Requirement> Each line from the one containing "ensure_deletable(asking, router)?;" to the end of the records below should be restated word for word; please leave out all other lines.

Entries supplied>
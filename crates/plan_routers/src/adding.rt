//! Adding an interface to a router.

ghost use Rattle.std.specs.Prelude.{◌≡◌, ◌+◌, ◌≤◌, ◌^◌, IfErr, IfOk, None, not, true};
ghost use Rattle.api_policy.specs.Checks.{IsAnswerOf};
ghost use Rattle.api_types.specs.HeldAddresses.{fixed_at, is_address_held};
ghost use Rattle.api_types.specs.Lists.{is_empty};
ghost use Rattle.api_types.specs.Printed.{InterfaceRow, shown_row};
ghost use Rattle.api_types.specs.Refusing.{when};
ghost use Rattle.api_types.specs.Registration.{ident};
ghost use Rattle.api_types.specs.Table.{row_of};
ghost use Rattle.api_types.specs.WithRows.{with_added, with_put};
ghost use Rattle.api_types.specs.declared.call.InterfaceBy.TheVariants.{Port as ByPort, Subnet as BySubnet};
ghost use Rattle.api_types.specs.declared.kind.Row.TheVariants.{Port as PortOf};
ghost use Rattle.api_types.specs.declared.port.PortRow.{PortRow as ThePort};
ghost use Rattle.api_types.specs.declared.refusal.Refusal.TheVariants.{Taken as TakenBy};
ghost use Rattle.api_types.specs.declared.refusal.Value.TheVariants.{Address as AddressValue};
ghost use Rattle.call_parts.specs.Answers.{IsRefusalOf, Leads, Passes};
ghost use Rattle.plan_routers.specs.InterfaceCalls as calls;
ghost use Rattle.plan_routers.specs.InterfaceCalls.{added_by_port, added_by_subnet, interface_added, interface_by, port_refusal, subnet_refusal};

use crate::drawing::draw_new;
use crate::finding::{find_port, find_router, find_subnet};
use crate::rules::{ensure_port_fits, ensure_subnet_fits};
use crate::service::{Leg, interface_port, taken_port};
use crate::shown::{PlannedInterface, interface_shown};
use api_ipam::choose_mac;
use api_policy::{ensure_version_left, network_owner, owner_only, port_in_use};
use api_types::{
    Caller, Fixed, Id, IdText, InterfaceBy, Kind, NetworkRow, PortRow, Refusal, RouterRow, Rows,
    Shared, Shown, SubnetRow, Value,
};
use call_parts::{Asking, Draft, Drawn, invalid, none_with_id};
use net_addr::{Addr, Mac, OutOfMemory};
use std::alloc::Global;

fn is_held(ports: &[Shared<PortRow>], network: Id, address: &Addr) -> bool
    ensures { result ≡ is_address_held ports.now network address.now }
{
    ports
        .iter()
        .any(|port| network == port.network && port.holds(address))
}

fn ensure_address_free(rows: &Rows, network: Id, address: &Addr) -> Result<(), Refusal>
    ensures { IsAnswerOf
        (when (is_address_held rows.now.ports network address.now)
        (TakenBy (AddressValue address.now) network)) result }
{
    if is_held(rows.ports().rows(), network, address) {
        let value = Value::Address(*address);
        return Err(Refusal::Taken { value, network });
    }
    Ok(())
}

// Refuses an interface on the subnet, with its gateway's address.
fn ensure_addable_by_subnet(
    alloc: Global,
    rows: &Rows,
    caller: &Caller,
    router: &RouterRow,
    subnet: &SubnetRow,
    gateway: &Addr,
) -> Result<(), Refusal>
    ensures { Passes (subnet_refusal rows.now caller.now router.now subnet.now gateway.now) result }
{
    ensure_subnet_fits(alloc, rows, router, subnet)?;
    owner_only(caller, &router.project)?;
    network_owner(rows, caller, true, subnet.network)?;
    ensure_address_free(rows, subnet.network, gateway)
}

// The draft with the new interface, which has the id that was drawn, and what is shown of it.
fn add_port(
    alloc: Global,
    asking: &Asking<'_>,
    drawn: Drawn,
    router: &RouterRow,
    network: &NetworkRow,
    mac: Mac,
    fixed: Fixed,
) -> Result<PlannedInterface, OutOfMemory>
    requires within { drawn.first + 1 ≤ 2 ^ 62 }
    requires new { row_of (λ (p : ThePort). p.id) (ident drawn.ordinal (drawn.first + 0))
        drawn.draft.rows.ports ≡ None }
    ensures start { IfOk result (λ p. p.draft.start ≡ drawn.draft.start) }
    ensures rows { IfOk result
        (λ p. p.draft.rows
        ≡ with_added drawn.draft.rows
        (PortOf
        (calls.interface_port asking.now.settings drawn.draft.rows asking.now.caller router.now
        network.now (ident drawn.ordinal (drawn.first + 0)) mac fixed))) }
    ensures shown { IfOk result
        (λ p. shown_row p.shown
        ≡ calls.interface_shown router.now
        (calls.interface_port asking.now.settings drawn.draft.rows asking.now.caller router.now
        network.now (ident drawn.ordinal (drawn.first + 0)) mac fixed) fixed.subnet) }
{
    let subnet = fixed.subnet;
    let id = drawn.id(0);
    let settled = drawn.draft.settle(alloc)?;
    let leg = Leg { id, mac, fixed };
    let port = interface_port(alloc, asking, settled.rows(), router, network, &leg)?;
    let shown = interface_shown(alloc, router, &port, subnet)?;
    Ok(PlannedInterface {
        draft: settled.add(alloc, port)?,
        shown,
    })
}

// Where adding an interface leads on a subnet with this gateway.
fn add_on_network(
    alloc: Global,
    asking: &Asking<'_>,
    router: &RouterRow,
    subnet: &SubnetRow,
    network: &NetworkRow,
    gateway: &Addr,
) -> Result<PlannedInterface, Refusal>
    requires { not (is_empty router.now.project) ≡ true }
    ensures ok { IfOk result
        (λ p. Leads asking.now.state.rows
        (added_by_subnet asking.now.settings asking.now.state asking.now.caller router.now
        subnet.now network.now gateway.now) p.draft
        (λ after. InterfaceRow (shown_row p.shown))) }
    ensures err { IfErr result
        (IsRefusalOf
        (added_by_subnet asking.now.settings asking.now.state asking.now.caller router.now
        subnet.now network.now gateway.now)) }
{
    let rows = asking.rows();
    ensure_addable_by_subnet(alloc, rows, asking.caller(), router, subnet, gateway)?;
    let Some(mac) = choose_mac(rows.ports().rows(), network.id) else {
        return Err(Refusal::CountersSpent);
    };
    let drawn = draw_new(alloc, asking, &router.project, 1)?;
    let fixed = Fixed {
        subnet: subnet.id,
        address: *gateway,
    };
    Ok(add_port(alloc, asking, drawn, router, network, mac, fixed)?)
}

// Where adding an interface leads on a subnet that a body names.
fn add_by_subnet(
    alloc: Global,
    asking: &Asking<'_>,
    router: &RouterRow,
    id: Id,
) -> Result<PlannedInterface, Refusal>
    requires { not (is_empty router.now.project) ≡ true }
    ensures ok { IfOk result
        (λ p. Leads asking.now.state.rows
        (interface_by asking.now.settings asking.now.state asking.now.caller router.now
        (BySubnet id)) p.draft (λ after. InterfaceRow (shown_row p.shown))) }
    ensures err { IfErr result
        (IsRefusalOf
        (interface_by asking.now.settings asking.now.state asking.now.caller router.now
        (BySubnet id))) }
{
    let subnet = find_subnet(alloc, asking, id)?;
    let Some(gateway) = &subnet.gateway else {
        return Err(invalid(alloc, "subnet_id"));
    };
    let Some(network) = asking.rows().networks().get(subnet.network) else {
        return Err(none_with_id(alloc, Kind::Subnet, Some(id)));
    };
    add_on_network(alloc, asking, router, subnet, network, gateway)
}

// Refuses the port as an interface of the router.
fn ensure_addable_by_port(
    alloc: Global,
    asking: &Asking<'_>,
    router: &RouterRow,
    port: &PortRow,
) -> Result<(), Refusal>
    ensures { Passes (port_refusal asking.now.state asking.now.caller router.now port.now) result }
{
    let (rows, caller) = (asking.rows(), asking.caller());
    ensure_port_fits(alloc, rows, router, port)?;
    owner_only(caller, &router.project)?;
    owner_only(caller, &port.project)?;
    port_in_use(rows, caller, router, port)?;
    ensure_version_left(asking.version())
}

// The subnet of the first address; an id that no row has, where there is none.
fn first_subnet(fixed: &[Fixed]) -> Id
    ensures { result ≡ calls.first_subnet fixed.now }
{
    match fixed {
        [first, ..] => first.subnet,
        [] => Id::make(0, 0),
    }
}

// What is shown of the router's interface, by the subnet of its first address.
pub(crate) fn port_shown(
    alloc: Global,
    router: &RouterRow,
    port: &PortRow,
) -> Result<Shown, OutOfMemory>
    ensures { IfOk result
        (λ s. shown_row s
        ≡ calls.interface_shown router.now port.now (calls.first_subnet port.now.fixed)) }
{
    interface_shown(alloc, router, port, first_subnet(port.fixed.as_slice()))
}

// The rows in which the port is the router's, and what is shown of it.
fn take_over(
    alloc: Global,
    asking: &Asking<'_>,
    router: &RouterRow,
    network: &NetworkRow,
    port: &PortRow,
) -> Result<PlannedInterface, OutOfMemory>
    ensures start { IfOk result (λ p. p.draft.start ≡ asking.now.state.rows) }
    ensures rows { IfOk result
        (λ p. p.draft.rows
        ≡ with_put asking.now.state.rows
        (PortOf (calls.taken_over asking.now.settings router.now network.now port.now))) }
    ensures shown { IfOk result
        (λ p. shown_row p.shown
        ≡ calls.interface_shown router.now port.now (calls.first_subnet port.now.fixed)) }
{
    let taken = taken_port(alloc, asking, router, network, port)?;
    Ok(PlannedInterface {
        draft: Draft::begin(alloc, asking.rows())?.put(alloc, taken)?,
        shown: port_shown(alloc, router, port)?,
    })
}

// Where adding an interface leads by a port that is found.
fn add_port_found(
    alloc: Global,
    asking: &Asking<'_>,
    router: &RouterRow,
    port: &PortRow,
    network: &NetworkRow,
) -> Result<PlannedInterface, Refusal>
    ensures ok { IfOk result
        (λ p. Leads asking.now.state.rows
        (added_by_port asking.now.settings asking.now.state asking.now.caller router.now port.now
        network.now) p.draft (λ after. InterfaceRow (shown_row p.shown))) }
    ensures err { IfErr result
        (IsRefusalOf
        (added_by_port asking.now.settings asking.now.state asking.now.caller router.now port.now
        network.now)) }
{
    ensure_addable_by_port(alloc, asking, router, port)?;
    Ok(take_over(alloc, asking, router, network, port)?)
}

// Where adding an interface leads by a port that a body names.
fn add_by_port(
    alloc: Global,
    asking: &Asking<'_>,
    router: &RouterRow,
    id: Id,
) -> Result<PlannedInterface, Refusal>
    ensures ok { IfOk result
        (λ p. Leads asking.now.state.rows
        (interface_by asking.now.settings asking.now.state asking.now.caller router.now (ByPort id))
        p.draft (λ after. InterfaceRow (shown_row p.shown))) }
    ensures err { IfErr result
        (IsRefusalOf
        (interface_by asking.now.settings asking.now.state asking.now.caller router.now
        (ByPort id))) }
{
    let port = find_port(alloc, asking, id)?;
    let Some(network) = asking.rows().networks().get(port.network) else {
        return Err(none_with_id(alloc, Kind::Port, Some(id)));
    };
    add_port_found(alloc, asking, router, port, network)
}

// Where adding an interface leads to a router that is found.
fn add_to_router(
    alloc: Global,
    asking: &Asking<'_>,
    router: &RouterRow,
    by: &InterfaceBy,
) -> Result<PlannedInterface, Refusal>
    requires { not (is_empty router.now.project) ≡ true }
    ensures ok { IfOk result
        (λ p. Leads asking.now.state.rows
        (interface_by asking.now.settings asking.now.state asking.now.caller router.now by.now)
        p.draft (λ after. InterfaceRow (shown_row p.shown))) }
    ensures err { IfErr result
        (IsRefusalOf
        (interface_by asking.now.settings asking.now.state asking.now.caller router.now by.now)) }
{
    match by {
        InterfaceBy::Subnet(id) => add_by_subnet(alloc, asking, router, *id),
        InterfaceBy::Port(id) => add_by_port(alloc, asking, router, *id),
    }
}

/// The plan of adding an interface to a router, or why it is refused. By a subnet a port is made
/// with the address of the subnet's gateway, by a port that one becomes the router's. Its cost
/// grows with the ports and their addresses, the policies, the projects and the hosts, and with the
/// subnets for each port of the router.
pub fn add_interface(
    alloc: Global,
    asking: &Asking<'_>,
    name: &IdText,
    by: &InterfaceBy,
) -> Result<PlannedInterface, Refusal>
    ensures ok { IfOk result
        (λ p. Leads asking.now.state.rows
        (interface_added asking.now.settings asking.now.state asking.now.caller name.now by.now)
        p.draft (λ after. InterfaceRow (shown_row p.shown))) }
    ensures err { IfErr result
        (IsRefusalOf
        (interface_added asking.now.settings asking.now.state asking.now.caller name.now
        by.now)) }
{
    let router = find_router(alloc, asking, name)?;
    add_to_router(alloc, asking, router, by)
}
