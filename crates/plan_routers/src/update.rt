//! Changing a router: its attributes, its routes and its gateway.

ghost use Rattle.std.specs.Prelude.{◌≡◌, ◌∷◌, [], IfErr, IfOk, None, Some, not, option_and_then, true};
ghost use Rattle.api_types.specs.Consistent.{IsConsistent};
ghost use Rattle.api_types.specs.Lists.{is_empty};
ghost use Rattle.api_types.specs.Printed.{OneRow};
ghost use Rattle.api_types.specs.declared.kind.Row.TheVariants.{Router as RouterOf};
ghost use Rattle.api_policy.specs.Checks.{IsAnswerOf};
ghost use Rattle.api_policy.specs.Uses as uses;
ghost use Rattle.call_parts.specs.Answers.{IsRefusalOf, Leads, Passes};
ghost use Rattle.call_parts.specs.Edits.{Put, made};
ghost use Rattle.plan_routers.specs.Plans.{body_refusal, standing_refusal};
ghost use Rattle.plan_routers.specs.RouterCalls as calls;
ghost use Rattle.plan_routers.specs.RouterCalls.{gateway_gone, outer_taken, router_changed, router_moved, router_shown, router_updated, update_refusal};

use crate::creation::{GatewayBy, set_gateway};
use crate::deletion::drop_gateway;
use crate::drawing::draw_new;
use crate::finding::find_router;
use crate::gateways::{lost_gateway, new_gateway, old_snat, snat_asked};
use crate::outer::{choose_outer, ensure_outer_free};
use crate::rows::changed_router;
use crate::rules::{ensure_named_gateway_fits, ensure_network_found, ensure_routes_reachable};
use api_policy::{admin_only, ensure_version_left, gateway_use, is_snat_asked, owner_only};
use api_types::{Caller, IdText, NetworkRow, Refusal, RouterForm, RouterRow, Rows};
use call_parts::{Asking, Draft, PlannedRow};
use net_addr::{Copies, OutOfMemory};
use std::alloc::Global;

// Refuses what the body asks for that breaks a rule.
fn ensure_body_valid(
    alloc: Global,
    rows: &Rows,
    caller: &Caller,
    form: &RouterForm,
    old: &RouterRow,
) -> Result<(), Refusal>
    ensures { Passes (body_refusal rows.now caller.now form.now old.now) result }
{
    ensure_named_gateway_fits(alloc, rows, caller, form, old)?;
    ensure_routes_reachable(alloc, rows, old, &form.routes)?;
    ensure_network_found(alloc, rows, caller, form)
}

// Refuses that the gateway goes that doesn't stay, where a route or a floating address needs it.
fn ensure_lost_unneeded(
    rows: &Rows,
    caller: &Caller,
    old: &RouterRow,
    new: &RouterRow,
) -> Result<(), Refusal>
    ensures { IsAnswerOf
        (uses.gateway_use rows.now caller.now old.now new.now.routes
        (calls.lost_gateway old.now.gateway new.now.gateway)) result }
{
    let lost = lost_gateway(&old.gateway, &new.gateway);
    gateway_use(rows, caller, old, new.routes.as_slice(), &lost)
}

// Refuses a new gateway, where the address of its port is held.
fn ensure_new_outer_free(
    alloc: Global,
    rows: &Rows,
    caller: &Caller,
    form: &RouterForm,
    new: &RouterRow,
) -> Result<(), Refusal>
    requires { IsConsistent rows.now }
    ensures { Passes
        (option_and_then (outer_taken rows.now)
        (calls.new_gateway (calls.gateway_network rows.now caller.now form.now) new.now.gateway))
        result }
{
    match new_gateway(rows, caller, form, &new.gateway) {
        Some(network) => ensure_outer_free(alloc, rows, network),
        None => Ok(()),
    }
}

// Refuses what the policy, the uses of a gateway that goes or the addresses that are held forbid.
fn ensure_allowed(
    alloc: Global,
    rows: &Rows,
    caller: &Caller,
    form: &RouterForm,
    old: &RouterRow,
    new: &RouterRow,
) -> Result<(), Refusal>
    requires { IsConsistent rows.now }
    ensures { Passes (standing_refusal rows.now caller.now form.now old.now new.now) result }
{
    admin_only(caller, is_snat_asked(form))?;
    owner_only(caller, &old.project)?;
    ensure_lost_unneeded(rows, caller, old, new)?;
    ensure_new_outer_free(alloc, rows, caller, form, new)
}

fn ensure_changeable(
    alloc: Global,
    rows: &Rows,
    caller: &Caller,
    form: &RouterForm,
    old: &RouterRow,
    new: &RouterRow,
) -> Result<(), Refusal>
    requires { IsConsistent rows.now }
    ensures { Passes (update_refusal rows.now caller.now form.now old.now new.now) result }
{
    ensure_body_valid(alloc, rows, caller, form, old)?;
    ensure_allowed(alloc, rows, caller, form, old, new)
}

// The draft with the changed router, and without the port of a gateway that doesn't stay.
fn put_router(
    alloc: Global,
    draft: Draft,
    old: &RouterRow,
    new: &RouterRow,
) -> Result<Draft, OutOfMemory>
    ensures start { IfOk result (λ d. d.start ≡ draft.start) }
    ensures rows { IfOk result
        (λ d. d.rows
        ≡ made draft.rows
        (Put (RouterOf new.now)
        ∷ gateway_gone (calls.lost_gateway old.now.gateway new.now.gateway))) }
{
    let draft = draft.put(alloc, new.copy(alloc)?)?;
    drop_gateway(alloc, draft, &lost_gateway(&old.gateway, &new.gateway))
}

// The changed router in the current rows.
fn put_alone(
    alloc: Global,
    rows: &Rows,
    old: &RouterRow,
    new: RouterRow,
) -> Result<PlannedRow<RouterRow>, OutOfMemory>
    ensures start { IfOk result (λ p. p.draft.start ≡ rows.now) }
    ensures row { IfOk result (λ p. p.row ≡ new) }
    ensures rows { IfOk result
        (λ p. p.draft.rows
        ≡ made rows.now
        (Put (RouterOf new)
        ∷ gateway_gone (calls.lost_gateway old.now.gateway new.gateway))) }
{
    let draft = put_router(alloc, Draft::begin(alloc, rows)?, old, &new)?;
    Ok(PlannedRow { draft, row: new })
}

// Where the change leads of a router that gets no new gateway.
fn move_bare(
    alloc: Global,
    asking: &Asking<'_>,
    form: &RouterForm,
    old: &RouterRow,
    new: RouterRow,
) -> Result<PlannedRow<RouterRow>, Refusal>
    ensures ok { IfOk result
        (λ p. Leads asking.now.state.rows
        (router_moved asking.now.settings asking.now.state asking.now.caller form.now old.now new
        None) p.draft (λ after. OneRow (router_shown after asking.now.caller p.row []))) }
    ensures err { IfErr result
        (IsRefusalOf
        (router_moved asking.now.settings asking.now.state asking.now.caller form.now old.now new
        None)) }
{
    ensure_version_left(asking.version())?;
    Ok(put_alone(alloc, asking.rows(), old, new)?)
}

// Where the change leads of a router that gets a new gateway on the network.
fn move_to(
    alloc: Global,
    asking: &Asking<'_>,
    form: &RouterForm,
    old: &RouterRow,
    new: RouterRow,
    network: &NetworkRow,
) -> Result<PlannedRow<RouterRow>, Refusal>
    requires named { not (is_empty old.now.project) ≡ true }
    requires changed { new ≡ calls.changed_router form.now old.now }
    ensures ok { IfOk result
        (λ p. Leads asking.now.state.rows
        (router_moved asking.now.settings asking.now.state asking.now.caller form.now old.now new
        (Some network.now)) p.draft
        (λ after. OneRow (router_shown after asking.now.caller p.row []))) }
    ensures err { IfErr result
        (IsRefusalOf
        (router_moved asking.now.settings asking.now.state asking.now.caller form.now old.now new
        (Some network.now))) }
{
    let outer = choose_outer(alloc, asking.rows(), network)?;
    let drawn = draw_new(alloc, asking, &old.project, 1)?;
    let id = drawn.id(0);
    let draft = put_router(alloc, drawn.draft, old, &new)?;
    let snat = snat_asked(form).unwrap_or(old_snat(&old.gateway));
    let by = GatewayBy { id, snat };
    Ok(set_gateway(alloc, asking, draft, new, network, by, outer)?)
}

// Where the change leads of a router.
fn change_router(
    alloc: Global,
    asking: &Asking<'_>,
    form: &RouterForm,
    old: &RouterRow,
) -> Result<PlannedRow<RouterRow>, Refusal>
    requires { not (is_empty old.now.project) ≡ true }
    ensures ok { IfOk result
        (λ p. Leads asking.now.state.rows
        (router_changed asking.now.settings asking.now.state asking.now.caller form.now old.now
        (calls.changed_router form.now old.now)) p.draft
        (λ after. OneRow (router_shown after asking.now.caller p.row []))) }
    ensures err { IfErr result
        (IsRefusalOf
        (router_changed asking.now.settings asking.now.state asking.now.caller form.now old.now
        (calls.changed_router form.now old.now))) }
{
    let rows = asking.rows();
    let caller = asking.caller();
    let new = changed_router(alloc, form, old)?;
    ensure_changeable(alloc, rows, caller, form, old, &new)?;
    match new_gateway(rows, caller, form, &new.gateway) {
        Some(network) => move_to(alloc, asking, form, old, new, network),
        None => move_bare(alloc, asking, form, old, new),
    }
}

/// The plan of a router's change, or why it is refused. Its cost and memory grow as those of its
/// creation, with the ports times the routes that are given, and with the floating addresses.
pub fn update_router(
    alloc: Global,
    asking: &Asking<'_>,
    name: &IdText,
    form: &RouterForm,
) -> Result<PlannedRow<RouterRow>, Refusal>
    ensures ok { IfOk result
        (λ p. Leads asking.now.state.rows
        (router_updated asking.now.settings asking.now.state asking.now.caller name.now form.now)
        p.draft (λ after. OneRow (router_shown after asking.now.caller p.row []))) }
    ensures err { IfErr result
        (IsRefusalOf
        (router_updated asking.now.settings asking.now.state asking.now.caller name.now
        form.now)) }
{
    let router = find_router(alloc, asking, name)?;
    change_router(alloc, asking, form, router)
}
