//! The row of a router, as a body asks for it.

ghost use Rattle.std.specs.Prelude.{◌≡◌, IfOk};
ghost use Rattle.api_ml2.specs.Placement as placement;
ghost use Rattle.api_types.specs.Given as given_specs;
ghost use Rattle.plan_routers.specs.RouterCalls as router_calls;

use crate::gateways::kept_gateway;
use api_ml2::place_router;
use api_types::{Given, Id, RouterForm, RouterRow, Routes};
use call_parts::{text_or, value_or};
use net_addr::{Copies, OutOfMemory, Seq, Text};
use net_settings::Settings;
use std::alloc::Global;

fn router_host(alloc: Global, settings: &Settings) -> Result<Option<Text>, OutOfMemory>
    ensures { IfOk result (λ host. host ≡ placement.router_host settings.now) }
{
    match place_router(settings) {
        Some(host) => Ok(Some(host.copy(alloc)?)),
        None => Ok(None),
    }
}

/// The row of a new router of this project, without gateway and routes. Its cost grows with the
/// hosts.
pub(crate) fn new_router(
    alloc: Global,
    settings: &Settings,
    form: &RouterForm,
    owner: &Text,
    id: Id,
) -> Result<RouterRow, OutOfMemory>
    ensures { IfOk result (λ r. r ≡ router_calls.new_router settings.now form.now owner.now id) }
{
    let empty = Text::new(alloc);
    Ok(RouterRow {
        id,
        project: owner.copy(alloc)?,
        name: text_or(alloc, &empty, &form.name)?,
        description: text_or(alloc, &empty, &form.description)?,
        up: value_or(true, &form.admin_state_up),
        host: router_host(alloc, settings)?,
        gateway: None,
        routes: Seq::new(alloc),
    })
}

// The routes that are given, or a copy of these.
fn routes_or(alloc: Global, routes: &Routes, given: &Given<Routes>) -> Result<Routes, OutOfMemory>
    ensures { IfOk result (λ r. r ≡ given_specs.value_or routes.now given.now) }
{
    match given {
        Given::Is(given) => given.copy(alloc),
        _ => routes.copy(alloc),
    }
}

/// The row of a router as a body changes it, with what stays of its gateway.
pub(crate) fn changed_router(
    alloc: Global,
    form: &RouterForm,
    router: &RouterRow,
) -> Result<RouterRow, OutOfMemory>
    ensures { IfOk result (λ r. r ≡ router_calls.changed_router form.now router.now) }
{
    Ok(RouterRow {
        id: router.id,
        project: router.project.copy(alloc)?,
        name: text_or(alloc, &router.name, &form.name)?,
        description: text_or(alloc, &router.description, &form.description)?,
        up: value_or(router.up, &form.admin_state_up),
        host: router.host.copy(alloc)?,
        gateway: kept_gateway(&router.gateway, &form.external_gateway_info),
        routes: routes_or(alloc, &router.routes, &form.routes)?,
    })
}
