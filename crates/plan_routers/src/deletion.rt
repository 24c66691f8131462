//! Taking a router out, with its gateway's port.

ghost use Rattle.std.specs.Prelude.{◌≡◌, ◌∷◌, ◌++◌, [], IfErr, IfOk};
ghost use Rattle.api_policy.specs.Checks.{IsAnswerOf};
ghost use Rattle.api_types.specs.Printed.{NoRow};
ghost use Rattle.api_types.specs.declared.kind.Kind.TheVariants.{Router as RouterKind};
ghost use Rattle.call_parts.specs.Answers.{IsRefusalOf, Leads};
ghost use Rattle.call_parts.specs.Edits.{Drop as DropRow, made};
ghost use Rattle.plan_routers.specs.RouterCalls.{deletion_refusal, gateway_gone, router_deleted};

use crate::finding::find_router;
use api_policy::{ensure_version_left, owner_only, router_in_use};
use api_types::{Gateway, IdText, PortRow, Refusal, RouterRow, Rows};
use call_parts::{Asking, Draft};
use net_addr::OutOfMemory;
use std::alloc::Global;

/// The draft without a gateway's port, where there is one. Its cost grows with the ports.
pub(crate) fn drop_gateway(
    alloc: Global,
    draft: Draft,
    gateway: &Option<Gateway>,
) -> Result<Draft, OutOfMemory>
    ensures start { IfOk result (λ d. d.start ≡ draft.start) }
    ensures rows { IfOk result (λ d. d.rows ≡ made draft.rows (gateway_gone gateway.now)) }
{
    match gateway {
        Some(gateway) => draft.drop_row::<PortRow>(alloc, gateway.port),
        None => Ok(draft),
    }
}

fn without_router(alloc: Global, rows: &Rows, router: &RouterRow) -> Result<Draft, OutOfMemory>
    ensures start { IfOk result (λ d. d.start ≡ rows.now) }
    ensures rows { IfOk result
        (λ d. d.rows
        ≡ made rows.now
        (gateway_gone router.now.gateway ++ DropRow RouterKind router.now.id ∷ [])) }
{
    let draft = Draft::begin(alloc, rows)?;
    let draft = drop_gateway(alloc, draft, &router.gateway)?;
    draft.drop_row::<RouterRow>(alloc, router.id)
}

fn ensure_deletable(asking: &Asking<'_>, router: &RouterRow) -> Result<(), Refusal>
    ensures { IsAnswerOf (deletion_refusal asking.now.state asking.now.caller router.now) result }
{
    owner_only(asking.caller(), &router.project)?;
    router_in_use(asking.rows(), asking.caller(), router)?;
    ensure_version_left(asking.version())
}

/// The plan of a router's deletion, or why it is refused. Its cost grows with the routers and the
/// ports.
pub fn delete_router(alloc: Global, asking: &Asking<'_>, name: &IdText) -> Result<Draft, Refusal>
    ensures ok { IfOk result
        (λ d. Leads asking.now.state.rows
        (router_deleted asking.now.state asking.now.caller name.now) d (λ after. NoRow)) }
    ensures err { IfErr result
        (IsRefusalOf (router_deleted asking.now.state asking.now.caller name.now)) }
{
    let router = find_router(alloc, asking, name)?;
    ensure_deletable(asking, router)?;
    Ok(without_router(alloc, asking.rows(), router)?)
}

Reply>
    ensure_deletable(asking, router)?;
    Ok(without_router(alloc, asking.rows(), router)?)
}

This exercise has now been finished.